All I know is I researched the Rocket Ron after I saw some Trailcraft bikes with Rocket Rons, and it seemed super good. But then I went to actually buy some, and it's the same story you found...either sold out, or available only overseas with like $50 shipping charges. 

Right now there's two different things: 

--The best tires in theory
--The best tires I can actually buy right now in the US. 

And there's a third category: Tires that it LOOKS like are available at a good price, and in stock, but once I actually place the order I get an email saying they are out of stock actually. 

For me it looks like the Rocket Ron is in the unobtainium category right now.


----------



## jaybert (Sep 10, 2020)

JackOfDiamonds said:


> All I know is I researched the Rocket Ron after I saw some Trailcraft bikes with Rocket Rons, and it seemed super good. But then I went to actually buy some, and it's the same story you found...either sold out, or available only overseas with like $50 shipping charges.
> 
> Right now there's two different things:
> 
> ...


hah, who have you tried to order from?
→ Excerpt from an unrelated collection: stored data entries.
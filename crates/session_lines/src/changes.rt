//! What changed in a text, as JSON.
ghost use Rattle.std.specs.Prelude.{◌≡◌, ◌↔◌, ◌++◌, [], false, IsTrue, codes, decimal};
ghost use Rattle.session_lines.specs.Words.{said_list};
ghost use Rattle.session_lines.specs.Putting.{Puts};
ghost use Rattle.std.specs.Option.{option_copied};
ghost use Rattle.session_lines.specs.Saying.{but_last_kept, is_kept, said_attributes, said_comments_now};
ghost use Rattle.session_lines.specs.Saying.{said_link_now, said_marks, said_marks_now, said_now};
ghost use Rattle.session_lines.specs.Saying.{said_put, said_step};

use crate::numbered::put_numbered;
use crate::quoted::{comma, put, put_quoted};
use crate::spans::{put_ids, put_marks, put_text};
use op_model::{ChangeStep, CommentId, Marks, Span, Url};
use std::alloc::AllocError;

/// Whether there are no marks.
fn is_plain(marks: &Marks) -> bool
    ensures { IsTrue result ↔ (said_marks marks.now ≡ []) }
{
    !marks.strong && !marks.em && marks.link.is_none() && marks.comments.as_slice().is_empty()
}

/// Puts the marks that there are as attributes, if there are any.
fn put_attributes(marks: &Marks, out: &mut Vec<u8>) -> Result<(), AllocError>
    ensures { Puts result out.old out.new (said_attributes (said_marks marks.now)) }
{
    if is_plain(marks) {
        return put(b"{", out);
    }
    put(b"{\"attributes\":{", out)?;
    put_marks(marks, out)?;
    out.truncate(out.len() - 1);
    put(b"},", out)
}

/// Puts characters that come.
fn put_put(span: &Span, out: &mut Vec<u8>) -> Result<(), AllocError>
    ensures { Puts result out.old out.new (said_put span.now) }
{
    put_attributes(&span.marks, out)?;
    put_text(b"\"insert\":", span.text.as_slice(), out)
}

/// Puts the comments that characters have now, or that they have none.
fn put_comments_now(ids: &[CommentId], out: &mut Vec<u8>) -> Result<(), AllocError>
    ensures { Puts result out.old out.new (said_comments_now ids.now) }
{
    if ids.is_empty() {
        return put(b"{\"comments\":null", out);
    }
    put(b"{\"comments\":[", out)?;
    put_ids(ids, out)
}

/// Puts whether characters have a mark now.
fn put_now(there: bool, out: &mut Vec<u8>) -> Result<(), AllocError>
    ensures { Puts result out.old out.new (said_now there) }
{
    if there {
        put(b"true", out)
    } else {
        put(b"null", out)
    }
}

/// Puts the name of a mark, and whether characters have it now.
fn put_flag(name: &[u8], there: bool, out: &mut Vec<u8>) -> Result<(), AllocError>
    ensures { Puts result out.old out.new (name.now ++ said_now there) }
{
    put(name, out)?;
    put_now(there, out)
}

/// Puts the link that characters have now, or that they have none.
fn put_link_now(link: &Option<Url>, out: &mut Vec<u8>) -> Result<(), AllocError>
    ensures { Puts result out.old out.new (said_link_now link.now) }
{
    match link {
        Some(url) => put_quoted(url.as_str(), out),
        None => put(b"null", out),
    }
}

/// Puts all that characters have and don't have now.
fn put_marks_now(marks: &Marks, out: &mut Vec<u8>) -> Result<(), AllocError>
    ensures { Puts result out.old out.new (said_marks_now marks.now) }
{
    put_comments_now(marks.comments.as_slice(), out)?;
    put_flag(b",\"em\":", marks.em, out)?;
    put(b",\"link\":", out)?;
    put_link_now(&marks.link, out)?;
    put_flag(b",\"strong\":", marks.strong, out)?;
    put(b"}", out)
}

/// Puts a step that stays or goes: its name, and how many characters it counts.
fn put_count(name: &[u8], count: usize, out: &mut Vec<u8>) -> Result<(), AllocError>
    ensures { Puts result out.old out.new (name.now ++ (decimal count ++ codes "}")) }
{
    put_numbered(name, count as u64, b"}", out)
}

/// Puts characters that stay with other marks.
fn put_mark(count: usize, marks: &Marks, out: &mut Vec<u8>) -> Result<(), AllocError>
    ensures { Puts result out.old out.new (said_step (ChangeStep.Mark count marks.now)) }
{
    put(b"{\"attributes\":", out)?;
    put_marks_now(marks, out)?;
    put_count(b",\"retain\":", count, out)
}

/// Puts a step over a text.
fn put_step(step: &ChangeStep, out: &mut Vec<u8>) -> Result<(), AllocError>
    ensures { Puts result out.old out.new (said_step step.now) }
{
    match step {
        ChangeStep::Keep(count) => put_count(b"{\"retain\":", *count, out),
        ChangeStep::Drop(count) => put_count(b"{\"delete\":", *count, out),
        ChangeStep::Put(span) => put_put(span, out),
        ChangeStep::Mark(count, marks) => put_mark(*count, marks, out),
    }
}

/// Whether a step keeps characters as they are.
fn is_kept(step: Option<&ChangeStep>) -> bool
    ensures { result ≡ is_kept (option_copied step.entry) }
{
    matches!(step, Some(ChangeStep::Keep(_)))
}

/// These steps without a last one that keeps characters as they are.
fn but_last_kept(steps: &[ChangeStep]) -> &[ChangeStep]
    ensures { result.now ≡ but_last_kept steps.now }
{
    if is_kept(steps.last()) {
        return &steps[..steps.len() - 1];
    }
    steps
}

/// Puts steps without a last one that keeps characters as they are, and the closing bracket.
pub(crate) fn put_changes(steps: &[ChangeStep], out: &mut Vec<u8>) -> Result<(), AllocError>
    ensures { Puts result out.old out.new (said_list said_step false (but_last_kept steps.now)) }
{
    put_steps(but_last_kept(steps), out)
}

/// Puts steps, and the closing bracket.
fn put_steps(steps: &[ChangeStep], out: &mut Vec<u8>) -> Result<(), AllocError>
    ensures { Puts result out.old out.new (said_list said_step false steps.now) }
{
    let mut later = false;
    for step in steps {
        put(comma(later), out)?;
        put_step(step, out)?;
        later = true;
    }
    put(b"]", out)
}
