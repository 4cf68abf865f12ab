//! Operations that come one after another, cut into pieces.
ghost use Rattle.std.specs.Prelude.{◌≡◌, ◌++◌, ◌∷◌, List, option_to_list, IfOk};
ghost use Rattle.op_model.specs.declared.op.Op.{Op as Operation};
ghost use Rattle.op_pieces.specs.Cutting.{cut as cut_of, cut_behind};

use crate::cutting::goes_on;
use crate::next::value_of;
use crate::piece::Piece;
use op_model::Op;
use std::alloc::{AllocError, Global};
use std::marker::Model;

/// A piece that is still open, while operations come one after another: what `cut` makes of a
/// list, without the list. Contracts see the piece and the last operation of it.
#[derive(Debug, Drop)]
pub struct Cutter {
    open: Piece,
    last: Op,
}

impl Model for Cutter {
    ghost use Rattle.op_pieces.specs.Cutting.{Open, IsOpen};

    ghost Value = { Open };

    ghost view = { λ c. record { piece = c.open; last = c.last } };

    ghost invariant = { λ c. IsOpen (record { piece = c.open; last = c.last }) };
}

impl Cutter {
    /// Begins with the first operation of a list. An error is out of memory (1).
    pub fn new(alloc: Global, first: Op) -> Result<Cutter, AllocError>
        ensures { IfOk result (λ cutter. (rest : List Operation)
            → cut_of (first ∷ rest) ≡ cut_behind cutter.piece cutter.last rest) }
    {
        let last = first.copy()?;
        Ok(Cutter {
            open: Piece::single(alloc, first),
            last,
        })
    }

    /// Takes the next operation, and gives the open piece where it ends before that. An error is
    /// out of memory (1), and says nothing of what is open then.
    pub fn take(&mut self, alloc: Global, op: Op) -> Result<Option<Piece>, AllocError>
        ensures { IfOk result (λ ended. (rest : List Operation)
            → cut_behind self.old.piece self.old.last (op ∷ rest)
            ≡ option_to_list ended ++ cut_behind self.new.piece self.new.last rest) }
    {
        if goes_on(&self.open, &self.last, &op) {
            self.open.grow(value_of(&op.body))?;
            self.last = op;
            return Ok(None);
        }
        let next = Cutter::new(alloc, op)?;
        let Cutter { open, .. } = std::mem::replace(self, next);
        Ok(Some(open))
    }

    /// The open piece, behind the last operation.
    pub fn finish(self) -> Piece
        ensures { result ≡ self.piece }
    {
        let Cutter { open, .. } = self;
        open
    }
}
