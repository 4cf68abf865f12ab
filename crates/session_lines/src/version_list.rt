//! The versions of a document.
ghost use Rattle.std.specs.Prelude.{◌≡◌};

use list_counts::Version;
use std::marker::Model;

/// The versions of a document. Contracts see the list of them.
#[derive(Drop)]
pub struct VersionList {
    versions: Vec<Version>,
}

impl Model for VersionList {
    ghost use Rattle.std.specs.Prelude.{List};
    ghost use Rattle.list_counts.specs.declared.version.Version.{Version};

    ghost Value = { List Version };

    ghost view = { λ v. v.versions.items };
}

impl From<Vec<Version>> for VersionList {
    ghost from_gives = { λ versions result. result ≡ versions.items };

    fn from(versions: Vec<Version>) -> VersionList {
        VersionList { versions }
    }
}

impl VersionList {
    /// The versions, in the order in which they came.
    pub fn as_slice(&self) -> &[Version]
        ensures { result.now ≡ self.now }
    {
        &self.versions
    }
}
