//! The operations of a piece, each by itself.
ghost use Rattle.std.specs.Prelude.{◌≡◌, ◌∷◌, ℕ, List, true, IfOk};
ghost use Rattle.op_pieces.specs.Pieces.{fits_behind, next_typed as next_of, ops_of};

use crate::piece::Piece;
use op_ids::{ClockError, OpId};
use op_model::{Body, Op};
use std::alloc::{AllocError, Global};

impl Piece {
    /// The operations that it stands for, in their order: 1 to 256. Each is made from the one
    /// before. An error is out of memory (1). Linear in the operations and their deps.
    pub fn ops(&self, alloc: Global) -> Result<Vec<Op>, AllocError>
        ensures { IfOk result (λ ops. ops.items ≡ ops_of self.now) }
    {
        let others = self.others();
        let mut ops = Vec::with_capacity(alloc, others.len() + 1)?;
        let mut last = self.first().copy()?;
        for value in others {
            let next = next_typed(&last, *value)?;
            ops.push(last)?;
            last = next;
        }
        ops.push(last)?;
        Ok(ops)
    }
}

/// The insert of a character right behind an operation, where it fits, as the first of some. An
/// error is out of memory (1).
fn next_typed(op: &Op, value: char) -> Result<Op, AllocError>
    requires { (behind : List ℕ) × (fits_behind op.now (value ∷ behind) ≡ true) }
    ensures { IfOk result (λ next. next ≡ next_of op.now value) }
{
    let replica = op.id.replica();
    let mut deps = op.deps.copy()?;
    match deps.advance(replica) {
        Ok(()) => {}
        Err(ClockError::Memory) => return Err(AllocError),
        Err(ClockError::Limit) => unreachable!(),
    }
    Ok(Op {
        id: OpId::new(op.id.counter() + 1, replica),
        doc: op.doc,
        token: op.token,
        deps,
        body: Body::Insert {
            origin: Some(op.id),
            value,
        },
    })
}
I was looking, and hibike.com says they had them. expensive shipping charge, but total for 3 tires + shipping was something like $162USD. so on-par/cheaper than the brood maxtions if you include spawn's $40 flat rate shipping.

r2-bike.com I saw also have them, but ended up being more expensive since the tires were priced higher, and shipping was also expensive.


----------



## jaybert (Sep 10, 2020)

jaybert said:


> hah, who have you tried to order from? I was looking, and hibike.com says they had them. expensive shipping charge, but total for 3 tires + shipping was something like $162USD. so on-par/cheaper than the brood maxtions if you include spawn's $40 flat rate shipping.
> 
> r2-bike.com I saw also have them, but ended up being more expensive since the tires were priced higher, and shipping was also expensive.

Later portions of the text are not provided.